>>>>>

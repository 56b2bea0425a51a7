//! Requests to a server, each written whole.
ghost use Rattle.std.specs.Prelude.{OnOk};
ghost use Rattle.std.specs.Io.KnownBytes.{Appends};
ghost use Rattle.pay_nats.specs.Requests.{asked, request_bytes};

use pay_follow::LogFault;
use pay_nats::{Request, write_request};
use pay_wire::{KnownWriter, send_line};

/// Writes a request, and flushes the writer.
pub(crate) fn write<W: KnownWriter>(
    writer: &mut W,
    out: &mut Vec<u8>,
    request: &Request<'_>,
) -> Result<(), LogFault>
    ensures { OnOk result (Appends (W.contents writer.old) (W.contents writer.new) (request_bytes (asked request.now))) }
{
    out.clear();
    if let Err(_) = write_request(out, request) {
        return Err(LogFault::Memory);
    }
    match send_line(writer, out) {
        Ok(()) => Ok(()),
        Err(_) => Err(LogFault::NotReached),
    }
}
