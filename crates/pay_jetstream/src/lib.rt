//! A partition of a log in NATS JetStream: [`JetStream`] reads its lines from the frames of a server, and publishes the replies, at a
//! connection that has its subscription already.
#![tactic(auto)]

mod client;
mod jet_stream;
mod opening;
mod published;
mod said;
mod streams;
mod whole;
mod writing;

pub use client::Client;
pub use jet_stream::JetStream;
pub use opening::{PartitionPlan, is_had, open_partition, stream_at};
pub use pay_jetstream_api::{Stream, StreamPlan};
pub use streams::{last_message, make_digests, make_stream, store};
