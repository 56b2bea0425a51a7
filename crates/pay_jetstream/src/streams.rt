//! Streams of JetStream, and what is stored in them.

use crate::client::{Client, fault_of};
use crate::opening::about;
use pay_follow::LogFault;
use pay_jetstream_api::{
    ApiFault, Stream, StreamPlan, digests_text, last_text, read_stream, read_taken, stream_text,
};
use pay_wire::KnownWriter;
use std::alloc::Global;
use std::io::BufRead;

/// The number by which a second message under a subject is refused that may have one alone.
const SECOND: u64 = 10_077;

/// Makes a stream, where it is not there already, and says how it is. Refused where another has its name.
pub fn make_stream<R: BufRead + Drop, W: KnownWriter + Drop>(
    alloc: Global,
    client: &mut Client<R, W>,
    plan: &StreamPlan<'_>,
) -> Result<Stream, LogFault> {
    let Ok(text) = stream_text(alloc, plan) else {
        return Err(LogFault::Memory);
    };
    made(alloc, client, plan.name, text.as_str())
}

/// Makes a stream that has one message under each of its subjects, the first.
pub fn make_digests<R: BufRead + Drop, W: KnownWriter + Drop>(
    alloc: Global,
    client: &mut Client<R, W>,
    name: &str,
    subject: &str,
    replicas: u64,
) -> Result<Stream, LogFault> {
    let Ok(text) = digests_text(alloc, name, subject, replicas) else {
        return Err(LogFault::Memory);
    };
    made(alloc, client, name, text.as_str())
}

/// Has a stream made by this text.
fn made<R: BufRead + Drop, W: KnownWriter + Drop>(
    alloc: Global,
    client: &mut Client<R, W>,
    name: &str,
    text: &str,
) -> Result<Stream, LogFault> {
    let mut answer = Vec::new(alloc);
    let subject = about(alloc, "STREAM.CREATE.", name)?;
    client.ask(&subject, text.as_bytes(), &mut answer)?;
    match read_stream(alloc, &answer) {
        Ok(stream) => Ok(stream),
        Err(fault) => Err(fault_of(fault)),
    }
}

/// Has a message stored under a subject that may have one alone. Whether it was the first.
pub fn store<R: BufRead + Drop, W: KnownWriter + Drop>(
    alloc: Global,
    client: &mut Client<R, W>,
    subject: &str,
    message: &str,
) -> Result<bool, LogFault> {
    let mut answer = Vec::new(alloc);
    client.ask(subject.as_bytes(), message.as_bytes(), &mut answer)?;
    match read_taken(alloc, &answer) {
        Ok(()) => Ok(true),
        Err(ApiFault::Refused { code }) if code == SECOND => Ok(false),
        Err(fault) => Err(fault_of(fault)),
    }
}

/// The last message that a stream has under a subject.
pub fn last_message<R: BufRead + Drop, W: KnownWriter + Drop>(
    alloc: Global,
    client: &mut Client<R, W>,
    stream: &str,
    subject: &str,
    message: &mut Vec<u8>,
) -> Result<(), LogFault> {
    let Ok(text) = last_text(alloc, subject) else {
        return Err(LogFault::Memory);
    };
    let asked = about(alloc, "DIRECT.GET.", stream)?;
    client.ask(&asked, text.as_str().as_bytes(), message)
}
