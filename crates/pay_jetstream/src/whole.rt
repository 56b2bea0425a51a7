//! Frames of a server, each read whole.
ghost use Rattle.std.specs.Prelude.{◌≡◌, length, OnOk};
ghost use Rattle.pay_jetstream.specs.Taken.{IsWhole, Takes};

use pay_follow::LogFault;
use pay_nats::limits::MOST_FRAME_BYTES;
use pay_nats::read_frame;
use std::io::BufRead;

/// Reads the next frame, in place of what was held. It ends with a newline, as each of its lines does: so what is read up to newlines
/// goes no further than the frame.
pub(crate) fn read_whole<R: BufRead>(reader: &mut R, held: &mut Vec<u8>) -> Result<(), LogFault>
    ensures whole { OnOk result (IsWhole held.new.items) }
    ensures taken { OnOk result (Takes (R.remaining reader.old) (R.remaining reader.new) held.new.items) }
{
    held.clear();
    for _ in 0..MOST_FRAME_BYTES {
        match reader.read_until(b'\n', held) {
            Ok(0) | Err(_) => return Err(LogFault::NotReached),
            Ok(_) => {}
        }
        match read_frame(held) {
            Ok(Some((_, len))) => return ends_there(held, len),
            Ok(None) => {}
            Err(_) => return Err(LogFault::NotUnderstood),
        }
    }
    Err(LogFault::NotUnderstood)
}

/// Whether a frame of so many bytes is all of what was read.
fn ends_there(held: &[u8], len: usize) -> Result<(), LogFault>
    ensures { OnOk result (len ≡ length held.now) }
{
    if len == held.len() {
        Ok(())
    } else {
        Err(LogFault::NotUnderstood)
    }
}
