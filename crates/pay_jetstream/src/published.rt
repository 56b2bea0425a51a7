use std::snapshot::Snapshot;

/// What was published, of which nothing is in memory: only contracts speak of it.
#[derive(Drop)]
pub(crate) enum Published {
    /// Nothing.
    None,
    /// What was published before, and then this, under the place of its line.
    Then {
        earlier: Snapshot<Published>,
        place: Snapshot<u64>,
        reply: Snapshot<Vec<u8>>,
    },
}
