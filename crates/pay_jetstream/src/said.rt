//! What the frames of a server say to whoever reads a partition.
ghost use Rattle.pay_nats.specs.Seen.{told};
ghost use Rattle.pay_jetstream.specs.Said.{IsNoLine, IsSaid};

use pay_nats::{Frame, Message, ack_of, status_of};

/// What a frame says.
#[derive(Clone, Copy)]
pub(crate) enum Said<'a> {
    /// The line at a place.
    Line { place: u64, line: &'a [u8] },
    /// More lines are sent once something is published under this subject.
    Waits(&'a [u8]),
    /// A `PONG` is wanted.
    Ping,
    /// Nothing.
    Nothing,
    /// No more lines are sent.
    Over,
}

/// What a frame says to whoever has the subscription of this number.
pub(crate) fn said_of<'a>(frame: &Frame<'a>, sid: u64) -> Said<'a>
    ensures { IsSaid sid (told frame.now) result }
{
    match frame {
        Frame::Ping => Said::Ping,
        Frame::Fault(_) => Said::Over,
        Frame::Info(_) | Frame::Pong | Frame::Done => Said::Nothing,
        Frame::Message(message) => said_of_message(message, sid),
    }
}

/// What a message says: to another subscription nothing, and by a status what the stream says of itself.
fn said_of_message<'a>(message: &Message<'a>, sid: u64) -> Said<'a>
    ensures { IsSaid sid (told (Frame.Message message.now)) result }
{
    if message.sid != sid {
        return Said::Nothing;
    }
    match status_in(message.headers) {
        Some(status) => said_of_status(status, message.reply),
        None => said_of_line(message),
    }
}

/// By a status of 100 the stream is idle, or waits; by any other it is over.
fn said_of_status<'a>(status: &[u8], reply: Option<&'a [u8]>) -> Said<'a>
    ensures { IsNoLine result }
{
    if !status.starts_with(b"100") {
        return Said::Over;
    }
    match reply {
        Some(subject) => Said::Waits(subject),
        None => Said::Nothing,
    }
}

/// A line stands where the subject for its acknowledgement says.
fn said_of_line<'a>(message: &Message<'a>) -> Said<'a>
    ensures { IsSaid message.now.sid (told (Frame.Message message.now)) result }
{
    let Some(subject) = message.reply else {
        return Said::Over;
    };
    match ack_of(subject) {
        Some(ack) => Said::Line {
            place: ack.place,
            line: message.payload,
        },
        None => Said::Over,
    }
}

/// The status in headers, if there are any.
fn status_in(headers: Option<&[u8]>) -> Option<&[u8]> {
    match headers {
        Some(headers) => status_of(headers),
        None => None,
    }
}
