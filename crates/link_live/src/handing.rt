//! What an application hands to the loop that owns the network: its commits, and that it ends.

ghost use Rattle.client_state.specs.Commit.{IsTidyCommit};
ghost use Rattle.link_shared.specs.Passes.{HasCommitted};

use crate::rest::{rest, rest_at_the_end};
use audio_handoff::StateCell;
use client_state::Commit;
use link_shared::{AppPass, Link, LinkName};
use std::sync::Wait;

/// Hands a commit over, as soon as the queue has room. Answers its number.
///
/// Waits: for the desk, and for room in the queue, a rest at a time. Memory: none.
pub fn hand_over<C: StateCell<11>, N: LinkName, R: Wait>(
    rt: &R,
    link: &Link<C, N>,
    pass: &mut AppPass<C, N>,
    commit: Commit,
) -> u64
    requires tidy { IsTidyCommit commit }
    ensures committed { HasCommitted pass.old pass.new commit result }
{
    for _ in rt.forever() {
        if let Ok(number) = link.commit(rt, pass, commit) {
            return number;
        }
        rest(rt);
    }
    unreachable!()
}

/// Asks the network's loop to end, as soon as the queue has room. Before that it rests 60 milliseconds, so that the last edit reaches the
/// peers.
///
/// Waits: in that rest, for the desk, and for room in the queue, a rest at a time. Memory: none.
pub fn ask_to_end<C: StateCell<11>, N: LinkName, R: Wait>(rt: &R, link: &Link<C, N>) {
    rest_at_the_end(rt);
    for _ in rt.forever() {
        if link.quit(rt).is_ok() {
            return;
        }
        rest(rt);
    }
    unreachable!()
}
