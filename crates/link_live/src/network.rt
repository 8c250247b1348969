//! The loop that owns the network: what comes goes to the hub, and what the hub sends goes out.

ghost use Rattle.std.specs.Prelude.{◌≡◌, ◌<◌, if◌then◌else◌, int_le, [], true, false, length, map, Option};
ghost use Rattle.std.specs.List.{AllByRecursion};
ghost use Rattle.lk_base.specs.Ranges.{IsMoment};
ghost use Rattle.lk_outside.specs.Faults.{Rose};
ghost use Rattle.lk_outside.specs.Contents.{BothTell};
ghost use Rattle.lk_outside.specs.Port.{PortContents, PostsOne};
ghost use Rattle.link_node.specs.Event.{sending_value};
ghost use Rattle.link_shared.specs.Hub.{HubView};
ghost use Rattle.link_shared.specs.declared.got.Got.TheVariants as got;
ghost use Rattle.link_live.specs.Network.{HasCause, IsNetworkRun, locals_of, post_of};
ghost use Rattle.link_live.specs.Running.{HasAsked, HasPosted, IsRunning, RunLaws};

use crate::rest::rest;
use audio_handoff::StateCell;
use link_node::{
    Sending, Sends, commits_are_counted, commits_put_off_nothing, commits_send_nothing,
    datagrams_go_out_on_gates, moments_never_fall, nodes_are_well_formed, runs_go_on,
};
use link_shared::{Got, Hub, Link, LinkName};
use lk_outside::{Arrival, Port, Posted};
use std::sync::Wait;

/// How long a receive waits at most, in microseconds.
const PATIENCE: i64 = 5_000;

/// How the loop that owns the network has ended.
#[derive(Clone, Copy, Debug, PartialEq, Eq)]
pub struct NetEnd {
    /// No gate was bound, or a call of the port failed.
    pub failed: bool,
    /// An event found no room in the journal.
    pub full: bool,
    /// The greatest moment heard, in microseconds.
    pub clock: i64,
}

// How far the loop is.
#[derive(Clone, Copy, Debug)]
struct Line {
    // The greatest moment heard, in microseconds.
    clock: i64,
    // Nothing will come any more.
    closed: bool,
    // The port isn't called again.
    failed: bool,
    // An event found no room in the journal.
    full: bool,
}

/// Makes turns of the hub until one pops a quit: each with a tick where one is due at the greatest moment heard, and else with what
/// the port receives within 5 milliseconds, at most until a tick is due. What a turn sends goes out at once, in order. Once a call of
/// the port has failed, or where its gates aren't bound, the port isn't called (again); once it is closed, or an event found the
/// journal full, it isn't asked to receive. A turn that then takes no event is followed by a rest, as the next one would come at once.
///
/// Waits: in the port, for a place's last user in the queue, by the way, and in a rest. Memory: none.
pub fn network_loop<C: StateCell<11>, N: LinkName, P: Port, R: Wait>(
    rt: &R,
    hub: &mut Hub<C, N>,
    link: &Link<C, N>,
    way: &C::Way,
    port: &mut P,
    bound: bool,
    sends: &mut Sends,
) -> NetEnd
    requires empty { hub.old.journal ≡ [] }
    requires gates { bound ≡ true → (P.seen port.old).gates ≡ locals_of hub.old.config }
    ensures run { IsNetworkRun hub.old hub.new (P.seen port.old).told (P.seen port.new).told result.clock result.failed result.full }
    ensures cause { HasCause bound (P.seen port.old) (P.seen port.new) result.failed }
    ensures gates { (P.seen port.new).gates ≡ (P.seen port.old).gates }
{
    let mut line = Line {
        clock: hub.moment(),
        closed: false,
        failed: !bound,
        full: false,
    };
    for _ in rt.forever() {
        if network_turn(rt, hub, link, way, port, &mut line, sends) {
            return NetEnd {
                failed: line.failed,
                full: line.full,
                clock: line.clock,
            };
        }
    }
    unreachable!()
}

// One turn of the hub, with what is due or what the port answers, and what it sends. Answers whether it popped a quit.
// Waits: in the port, for a place's last user in the queue, by the way, and in a rest. Memory: none.
fn network_turn<C: StateCell<11>, N: LinkName, P: Port, R: Wait>(
    rt: &R,
    hub: &mut Hub<C, N>,
    link: &Link<C, N>,
    way: &C::Way,
    port: &mut P,
    line: &mut Line,
    sends: &mut Sends,
) -> bool
    requires moment { IsMoment line.old.clock }
    requires gates { line.old.failed ≡ false → (P.seen port.old).gates ≡ locals_of hub.old.config }
    ensures run { (first : HubView) (told : Option PortContents) → IsRunning first hub.old told (P.seen port.old).told line.old false
        → IsRunning first hub.new told (P.seen port.new).told line.new result }
    ensures config { hub.new.config ≡ hub.old.config }
    ensures gates { (P.seen port.new).gates ≡ (P.seen port.old).gates }
    ensures works { line.new.failed ≡ false → (line.old.failed ≡ false) × ((P.seen port.new).faults ≡ (P.seen port.old).faults) }
    ensures fails { line.old.failed ≡ false → line.new.failed ≡ true → Rose (P.seen port.old).faults (P.seen port.new).faults }
    ensures unbound { line.old.failed ≡ true → (line.new.failed ≡ true) × ((P.seen port.new).faults ≡ (P.seen port.old).faults) × ((P.seen port.new).told ≡ (P.seen port.old).told) }
{
    // Laws, for the proof.
    run_laws();
    datagrams_go_out_on_gates();
    let due = hub.due();
    let _opening = hub.moment();
    let before = hub.journal().len();
    let got = ask(port, due, line);
    let turned = hub.turn(rt, link, way, line.clock, got, sends);
    let taken = hub.journal();
    let grew = before < taken.len();
    line.failed = post(port, sends.list(), line.failed);
    line.full |= turned.full;
    rest_where_idle(rt, *line, turned.quit, grew);
    turned.quit
}

// Rests where the port can't be asked any more, no quit was popped and the journal didn't grow.
// Waits: a millisecond at most. Memory: none.
fn rest_where_idle<R: Wait>(rt: &R, line: Line, quit: bool, grew: bool) {
    if !grew && !quit && (line.failed || line.closed || line.full) {
        rest(rt);
    }
}

// What a turn is given: a tick where one is due, and else what the port answers, where it can be asked.
// Waits: in the port. Memory: none.
fn ask<P: Port>(port: &mut P, due: i64, line: &mut Line) -> Got
    requires moment { IsMoment line.old.clock }
    requires gates { line.old.failed ≡ false → 0 < length (P.seen port.old).gates }
    ensures asked { HasAsked (length (P.seen port.old).gates) due line.old line.new (P.seen port.old).told (P.seen port.new).told result }
    ensures gates { (P.seen port.new).gates ≡ (P.seen port.old).gates }
    ensures works { line.new.failed ≡ false → (P.seen port.new).faults ≡ (P.seen port.old).faults }
    ensures fails { line.old.failed ≡ false → line.new.failed ≡ true → Rose (P.seen port.old).faults (P.seen port.new).faults }
    ensures unbound { line.old.failed ≡ true → (P.seen port.new).faults ≡ (P.seen port.old).faults }
{
    if due <= line.clock {
        return Got::Tick;
    }
    if line.failed || line.closed || line.full {
        return Got::Nothing;
    }
    match port.receive(due.min(line.clock + PATIENCE)) {
        Arrival::Datagram {
            gate,
            from,
            bytes,
            now,
        } => {
            line.clock = line.clock.max(now);
            Got::Datagram { gate, from, bytes }
        }
        Arrival::Idle(moment) => {
            line.clock = line.clock.max(moment);
            due_or_nothing(due, line.clock)
        }
        Arrival::Closed => {
            line.closed = true;
            Got::Nothing
        }
        Arrival::Failed => {
            line.failed = true;
            Got::Nothing
        }
    }
}

/// Sends the datagrams in order, unless the port has failed. Answers whether it has then.
/// Waits: in the port. Memory: none.
pub fn post<P: Port>(port: &mut P, sends: &[Sending], failed: bool) -> bool
    requires gates { failed ≡ false → AllByRecursion (λ s. s.gate.0 < length (P.seen port.old).gates) (map sending_value sends.now) }
    ensures posted { HasPosted (map sending_value sends.now) failed result (P.seen port.old).told (P.seen port.new).told }
    ensures gates { (P.seen port.new).gates ≡ (P.seen port.old).gates }
    ensures works { result ≡ false → (P.seen port.new).faults ≡ (P.seen port.old).faults }
    ensures fails { failed ≡ false → result ≡ true → Rose (P.seen port.old).faults (P.seen port.new).faults }
    ensures unbound { failed ≡ true → ((P.seen port.new).faults ≡ (P.seen port.old).faults) × ((P.seen port.new).told ≡ (P.seen port.old).told) }
{
    if failed {
        return true;
    }
    for sending in sends {
        if !post_one(port, sending) {
            return true;
        }
    }
    false
}

// Sends a datagram. Answers whether the port works. Waits: in the port. Memory: none.
fn post_one<P: Port>(port: &mut P, sending: &Sending) -> bool
    requires gate { sending.now.gate.0 < length (P.seen port.old).gates }
    ensures sent { result ≡ true → BothTell (PostsOne (post_of (sending_value sending.now))) (P.seen port.old).told (P.seen port.new).told }
    ensures failed { result ≡ false → (P.seen port.new).told ≡ (P.seen port.old).told }
    ensures gates { (P.seen port.new).gates ≡ (P.seen port.old).gates }
    ensures works { result ≡ true → (P.seen port.new).faults ≡ (P.seen port.old).faults }
    ensures fails { result ≡ false → Rose (P.seen port.old).faults (P.seen port.new).faults }
{
    match port.send(sending.gate, sending.to, &sending.bytes) {
        Posted::Sent | Posted::Dropped => true,
        Posted::Failed => false,
    }
}

// A tick where one is due.
fn due_or_nothing(due: i64, clock: i64) -> Got
    ensures { result ≡ (if int_le due clock then got.Tick else got.Nothing) }
{
    if due <= clock {
        Got::Tick
    } else {
        Got::Nothing
    }
}

/// Laws: how the machine and what it sends go on from one event to the next.
pub fn run_laws()
    ensures { RunLaws }
{
    moments_never_fall();
    commits_are_counted();
    commits_put_off_nothing();
    commits_send_nothing();
    runs_go_on();
    nodes_are_well_formed();
}
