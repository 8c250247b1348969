//! The tokens of a triple buffer. Each is a seat at its table.
ghost use Rattle.triple_buffer.specs.Tokens.{RestsAsWriter, RestsAsReader, RestsAsNote};

use crate::views::View;
use atomic_table::Seat;

/// The right to make rows.
#[derive(Drop)]
pub struct TripleWriter<const W: usize> {
    /// Which of the three rows it has.
    pub(crate) place: usize,
    /// How many rows were made.
    pub(crate) made: u64,
    pub(crate) seat: Seat<(), View>,
    ghost rests: { RestsAsWriter place made seat.me },
}

/// The right to read rows.
#[derive(Drop)]
pub struct TripleReader<const W: usize> {
    /// Which of the three rows it has.
    pub(crate) place: usize,
    /// That row's number.
    pub(crate) number: u64,
    pub(crate) seat: Seat<(), View>,
    ghost rests: { RestsAsReader place number seat.me },
}

/// A number on its way to the reader. It has no bytes.
#[derive(Drop)]
pub struct TripleNote<const W: usize> {
    pub(crate) seat: Seat<(), View>,
    ghost rests: { RestsAsNote seat.me },
}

<<<<<

WHAT THE TASK ASKS. Your answer should be exactly the lines of the data above, from the first through the line containing "filename crates/pay_jetstream/src/lib.rt".

SOLUTION TO THE EXERCISE.
repository 56b2bea0425a51a7
//! Requests to a server, each written whole.
ghost use Rattle.std.specs.Prelude.{OnOk};
ghost use Rattle.std.specs.Io.KnownBytes.{Appends};
ghost use Rattle.pay_nats.specs.Requests.{asked, request_bytes};

use pay_follow::LogFault;
use pay_nats::{Request, write_request};
use pay_wire::{KnownWriter, send_line};

/// Writes a request, and flushes the writer.
pub(crate) fn write<W: KnownWriter>(
    writer: &mut W,
    out: &mut Vec<u8>,
    request: &Request<'_>,
) -> Result<(), LogFault>
    ensures { OnOk result (Appends (W.contents writer.old) (W.contents writer.new) (request_bytes (asked request.now))) }
{
    out.clear();
    if let Err(_) = write_request(out, request) {
        return Err(LogFault::Memory);
    }
    match send_line(writer, out) {
        Ok(()) => Ok(()),
        Err(_) => Err(LogFault::NotReached),
    }
}
filename crates/pay_jetstream/src/lib.rt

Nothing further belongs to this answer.